• [Task data]:
##########
impl Session {
    // Takes the line of this number, and returns the reply to it. If it fails, the session has stopped.
    fn answer<E: Environment>(
        &mut self,
        environment: &E,
        number: u64,
        line: &[u8],
    ) -> Result<Text, Stop>
        ensures ascii { OnOk result (IsAscii line.now) }
        ensures answers { IfOk result (λ text. Answers self.old line.now (text_bytes text) self.new) }
        ensures stops { IfErr result (IsStopOf number (MeansNothing self.old line.now) (IsPairDue self.old line.now)) }
        ensures no_pair { IfErr result (λ stop. stop ≡ Stop.NoPair → E.has_no_pair environment.now) }
    {
        match self {
            Session::Start => {
                let config = config_of(environment.alloc(), number, line, End::A)?;
                *self = Session::Configured(config);
                Ok(Text::Ok)
            }
            Session::Configured(a) => {
                let b = config_of(environment.alloc(), number, line, End::B)?;
                let Ok(session) = ready_of(environment, a, &b) else {
                    return Err(Stop::NoPair);
                };
                *self = session;
                Ok(Text::Ok)
            }
            Session::Joined {
                a,
                b,
                pair,
                is_third,
            } => {
                if *is_third {
                    let text = answer_ready(environment, number, a, b, pair, line)?;
                    *is_third = false;
                    return Ok(text);
                }
                let lines = answer_running(environment.alloc(), number, pair, line)?;
                Ok(Text::Lines(lines))
            }
        }
    }
}

// Notes that memory ran out, if a session stopped for that.
fn note<E: Environment>(environment: &mut E, stop: Stop)
    ensures written { E.written environment.new ≡ E.written environment.old }
    ensures no_memory { stop ≡ Stop.OutOfMemory → E.has_no_memory environment.new }
    ensures still_failed { E.has_failed environment.old → E.has_failed environment.new }
    ensures still_no_pair { E.has_no_pair environment.old → E.has_no_pair environment.new }
{
    match stop {
        Stop::OutOfMemory => environment.note_out_of_memory(OutOfMemory),
        _ => (),
    }
}

// Answers all lines, with a session at its start.
fn run<E: Environment>(environment: &mut E, session: &mut Session) -> Result<(), Stop>
    requires { session.old ≡ Session.Start }
    ensures ok { OnOk result (IfSome (E.unread environment.old) (λ input. IsServed input (E.written environment.old) (E.written environment.new))) }
    ensures stops { IfErr result (λ stop. IfSome (E.unread environment.old) (λ input. StopsAt input no_line (E.written environment.old) (E.written environment.new) stop)) }
    ensures failed { IfErr result (λ stop. stop ≡ Stop.Failed → E.has_failed environment.new) }
    ensures no_pair { IfErr result (λ stop. stop ≡ Stop.NoPair → E.has_no_pair environment.new) }
    ensures no_memory { IfErr result (λ stop. stop ≡ Stop.OutOfMemory → E.has_no_memory environment.new) }
{
    let mut line = Vec::new(environment.alloc());
    for number in 1..u64::MAX {
        if !environment.read_line(&mut line)? {
            return Ok(());
        }
        match session.answer(environment, number, line.as_slice()) {
            Ok(text) => environment.write(text.as_bytes())?,
            Err(stop) => {
                note(environment, stop);
                return Err(stop);
            }
        }
    }
    Err(Stop::TooManyLines)
}

// Answers all lines.
fn answer_all<E: Environment>(environment: &mut E) -> Result<(), Stop>
    ensures ok { OnOk result (IfSome (E.unread environment.old) (λ input. IsServed input (E.written environment.old) (E.written environment.new))) }
    ensures stops { IfErr result (λ stop. IfSome (E.unread environment.old) (λ input. StopsAt input no_line (E.written environment.old) (E.written environment.new) stop)) }
    ensures failed { IfErr result (λ stop. stop ≡ Stop.Failed → E.has_failed environment.new) }
    ensures no_pair { IfErr result (λ stop. stop ≡ Stop.NoPair → E.has_no_pair environment.new) }
    ensures no_memory { IfErr result (λ stop. stop ≡ Stop.OutOfMemory → E.has_no_memory environment.new) }
{
    let mut session = Session::Start;
    run(environment, &mut session)
}

// Writes that the line of this number is malformed, without memory.
fn write_malformed<E: Environment>(environment: &mut E, number: u64) -> Result<(), StreamFailed>
    ensures whole { OnOk result (Appends (E.written environment.old) (E.written environment.new) (malformed_line number)) }
    ensures part { OnErr result (AppendsPart (E.written environment.old) (E.written environment.new) (malformed_line number)) }
    ensures failed { OnErr result (E.has_failed environment.new) }
    ensures still_failed { E.has_failed environment.old → E.has_failed environment.new }
    ensures still_no_pair { E.has_no_pair environment.old → E.has_no_pair environment.new }
    ensures still_no_memory { E.has_no_memory environment.old → E.has_no_memory environment.new }
{
    let mut digits = Buffer::new();
    environment.write(b"malformed ")?;
    environment.write(digits.format(number).as_bytes())?;
    environment.write(b"\n")
}

// Writes the last line of a session that a malformed line or want of memory for a pair has ended.
fn write_last_line<E: Environment>(
    environment: &mut E,
    ended: Result<(), Stop>,
) -> Result<(), StreamFailed>
    ensures whole { OnOk result (Appends (E.written environment.old) (E.written environment.new) (end_line ended)) }
    ensures part { OnErr result (AppendsPart (E.written environment.old) (E.written environment.new) (end_line ended)) }
    ensures failed { OnErr result (E.has_failed environment.new) }
    ensures still_failed { E.has_failed environment.old → E.has_failed environment.new }
    ensures still_no_pair { E.has_no_pair environment.old → E.has_no_pair environment.new }
    ensures still_no_memory { E.has_no_memory environment.old → E.has_no_memory environment.new }
{
    match ended {
        Err(Stop::Malformed(number)) => write_malformed(environment, number),
        Err(Stop::NoPair) => environment.write(b"refused 5 OutOfMemory\n"),
        _ => Ok(()),
    }
}

/// Answers each line of the input, writes a last line if a line is malformed or there is no memory for a pair, and flushes.
///
/// Fails with [`Stop::Failed`] only if a read, a write or a flush failed, with [`Stop::NoPair`] only if memory for a pair that was due
/// was refused, and with [`Stop::OutOfMemory`] only if memory for a line or for its reply was. The lines before have their replies; if
/// a stream failed, a beginning of one reply more may have been written.
pub fn answer_lines<E: Environment>(environment: &mut E) -> Result<(), Stop>
    ensures served { OnOk result (IfSome (E.unread environment.old) (λ input. IsServed input (E.written environment.old) (E.written environment.new))) }
    ensures stops { IfErr result (λ stop. IfSome (E.unread environment.old) (λ input. StopsAt input last_line (E.written environment.old) (E.written environment.new) stop)) }
    ensures flushed { (result ≡ Err Stop.Failed → ⊥) → E.is_flushed environment.new }
    ensures failed { IfErr result (λ stop. stop ≡ Stop.Failed → E.has_failed environment.new) }
    ensures no_pair { IfErr result (λ stop. stop ≡ Stop.NoPair → E.has_no_pair environment.new) }
    ensures no_memory { IfErr result (λ stop. stop ≡ Stop.OutOfMemory → E.has_no_memory environment.new) }
{
    let ended = answer_all(environment);
    write_last_line(environment, ended)?;
    environment.flush()?;
    ended
}

fn status_of(ended: Result<(), Stop>) -> u8
    ensures { result ≡ status ended }
{
    match ended {
        Ok(()) => 0,
        Err(Stop::Malformed(_)) => 2,
        Err(_) => 1,
    }
}

/// Answers each line of an environment's input, as [`answer_lines`]. Returns the exit status of what came of it: 0 if the input ended,
/// each line has its reply and the output was flushed; 2 if a line is malformed and the output was flushed; 1 if a read, a write or a
/// flush failed, memory for a pair, a line or a reply was refused, or the input has 2^64 - 1 lines or more. No other session has the
/// status: in an environment of which nothing is known, a failure can be shown only by the call that failed.
#[tactic(auto, using(crate::proofs::Serving::exits_with))]
pub fn serve_in<E: Environment>(environment: &mut E) -> u8
    ensures { ExitsWith (E.unread environment.old) (E.written environment.old) (E.written environment.new) (E.is_flushed environment.new) (E.has_failed environment.new) (E.has_no_pair environment.new) (E.has_no_memory environment.new) result }
{
    status_of(answer_lines(environment))
}

/// Answers each line of the input by a line of the output, as [`serve_in`] with these streams as its environment, and returns its exit
/// status, or 1 if there was no memory for the reader's buffer.
///
/// Neither a reader nor a writer has a fact that tells whether a call of it failed, so these postconditions speak of 0 and 2 alone. That
/// 1 has a cause is the postcondition of [`serve_in`].
pub fn serve<R: Read + Drop, W: Write + Drop>(alloc: Global, input: R, output: W) -> u8
    ensures status { result ≤ 2 }
    ensures served { result ≡ 0 → IfSome (R.remaining input) (λ bytes. IsServed bytes None None) }
    ensures malformed { result ≡ 2 → IfSome (R.remaining input) (λ bytes. IsMalformed bytes None None) }
{
    let Ok(reader) = BufReader::new(alloc, input) else {
        return 1;
    };
    let mut streams = Streams {
        alloc,
        input: reader,
        output,
    };
    serve_in(&mut streams)
}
##########
Would you return, unchanged, the lines from the one containing "let mut streams" through the end of the entries?

    let mut streams = Streams {
        alloc,
        input: reader,
        output,
    };
    serve_in(&mut streams)
}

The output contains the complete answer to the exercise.